Brief ▸ Copy all lines below containing "instrs".

(Items from a data source)
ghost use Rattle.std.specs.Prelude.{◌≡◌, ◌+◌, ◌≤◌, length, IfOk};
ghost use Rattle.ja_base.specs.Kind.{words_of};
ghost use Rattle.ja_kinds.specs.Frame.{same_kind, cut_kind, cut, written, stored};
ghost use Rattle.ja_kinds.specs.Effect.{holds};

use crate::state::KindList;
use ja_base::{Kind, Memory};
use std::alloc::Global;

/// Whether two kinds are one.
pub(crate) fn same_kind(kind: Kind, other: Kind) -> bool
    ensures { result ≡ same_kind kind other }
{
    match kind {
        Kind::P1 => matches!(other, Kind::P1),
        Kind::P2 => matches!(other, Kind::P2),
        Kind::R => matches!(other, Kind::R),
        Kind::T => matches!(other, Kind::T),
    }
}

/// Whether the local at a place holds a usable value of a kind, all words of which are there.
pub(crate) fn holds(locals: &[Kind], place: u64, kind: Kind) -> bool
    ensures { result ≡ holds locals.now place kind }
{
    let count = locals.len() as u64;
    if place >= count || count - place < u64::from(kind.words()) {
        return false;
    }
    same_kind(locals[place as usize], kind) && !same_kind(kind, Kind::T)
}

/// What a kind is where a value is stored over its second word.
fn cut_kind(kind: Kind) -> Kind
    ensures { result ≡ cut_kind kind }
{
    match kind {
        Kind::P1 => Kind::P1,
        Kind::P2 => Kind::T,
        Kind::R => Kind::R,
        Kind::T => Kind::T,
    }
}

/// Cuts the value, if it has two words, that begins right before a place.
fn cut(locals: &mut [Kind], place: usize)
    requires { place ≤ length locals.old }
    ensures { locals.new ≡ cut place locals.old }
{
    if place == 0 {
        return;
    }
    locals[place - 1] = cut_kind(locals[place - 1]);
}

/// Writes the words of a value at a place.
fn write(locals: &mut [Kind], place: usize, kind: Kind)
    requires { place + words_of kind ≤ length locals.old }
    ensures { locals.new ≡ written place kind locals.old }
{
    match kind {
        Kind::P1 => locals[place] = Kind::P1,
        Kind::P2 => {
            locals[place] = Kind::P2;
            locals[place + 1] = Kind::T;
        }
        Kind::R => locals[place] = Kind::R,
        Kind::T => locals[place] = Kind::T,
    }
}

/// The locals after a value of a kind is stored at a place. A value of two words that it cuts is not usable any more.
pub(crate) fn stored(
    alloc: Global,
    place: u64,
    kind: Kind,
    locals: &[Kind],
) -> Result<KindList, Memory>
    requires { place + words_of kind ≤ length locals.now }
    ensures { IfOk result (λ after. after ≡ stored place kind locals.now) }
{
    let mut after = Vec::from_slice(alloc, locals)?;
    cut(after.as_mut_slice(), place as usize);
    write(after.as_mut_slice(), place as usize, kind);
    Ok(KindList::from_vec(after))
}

--

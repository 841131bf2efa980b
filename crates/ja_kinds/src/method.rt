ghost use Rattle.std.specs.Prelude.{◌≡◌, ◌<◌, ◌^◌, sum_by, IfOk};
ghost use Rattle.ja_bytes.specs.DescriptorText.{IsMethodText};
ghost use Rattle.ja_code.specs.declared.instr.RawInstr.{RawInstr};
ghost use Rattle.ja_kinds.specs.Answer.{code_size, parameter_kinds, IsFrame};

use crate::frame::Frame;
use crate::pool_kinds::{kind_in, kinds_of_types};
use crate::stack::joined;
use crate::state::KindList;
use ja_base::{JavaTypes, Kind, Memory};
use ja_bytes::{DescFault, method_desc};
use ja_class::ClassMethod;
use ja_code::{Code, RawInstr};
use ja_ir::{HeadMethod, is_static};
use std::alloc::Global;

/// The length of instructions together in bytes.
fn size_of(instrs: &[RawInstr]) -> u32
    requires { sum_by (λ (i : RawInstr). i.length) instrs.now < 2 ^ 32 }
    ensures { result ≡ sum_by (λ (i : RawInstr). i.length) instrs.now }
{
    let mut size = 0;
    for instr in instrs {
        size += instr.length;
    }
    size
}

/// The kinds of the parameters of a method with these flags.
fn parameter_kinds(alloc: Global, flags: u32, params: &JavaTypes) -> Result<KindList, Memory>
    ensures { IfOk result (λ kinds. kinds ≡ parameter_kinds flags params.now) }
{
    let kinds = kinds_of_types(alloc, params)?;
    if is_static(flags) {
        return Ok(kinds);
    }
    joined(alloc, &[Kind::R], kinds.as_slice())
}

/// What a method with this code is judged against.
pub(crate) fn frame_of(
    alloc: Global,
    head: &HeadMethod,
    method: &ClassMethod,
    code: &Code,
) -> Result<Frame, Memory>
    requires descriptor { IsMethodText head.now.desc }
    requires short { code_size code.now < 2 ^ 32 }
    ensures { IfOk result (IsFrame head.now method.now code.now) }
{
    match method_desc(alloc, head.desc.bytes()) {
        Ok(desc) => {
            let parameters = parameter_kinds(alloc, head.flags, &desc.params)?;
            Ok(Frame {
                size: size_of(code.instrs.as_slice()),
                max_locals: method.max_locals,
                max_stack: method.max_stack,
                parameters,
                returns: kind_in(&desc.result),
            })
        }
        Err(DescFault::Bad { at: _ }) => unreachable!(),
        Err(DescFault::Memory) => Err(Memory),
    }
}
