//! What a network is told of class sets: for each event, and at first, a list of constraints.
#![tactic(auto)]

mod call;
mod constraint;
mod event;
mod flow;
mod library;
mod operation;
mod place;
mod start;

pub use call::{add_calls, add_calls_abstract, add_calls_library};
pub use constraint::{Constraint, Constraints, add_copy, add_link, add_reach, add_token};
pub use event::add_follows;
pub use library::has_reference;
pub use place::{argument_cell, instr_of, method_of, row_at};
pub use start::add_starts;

Response box ▸
fn size_of(instrs: &[RawInstr]) -> u32
    requires { sum_by (λ (i : RawInstr). i.length) instrs.now < 2 ^ 32 }
    ensures { result ≡ sum_by (λ (i : RawInstr). i.length) instrs.now }
    for instr in instrs {
                size: size_of(code.instrs.as_slice()),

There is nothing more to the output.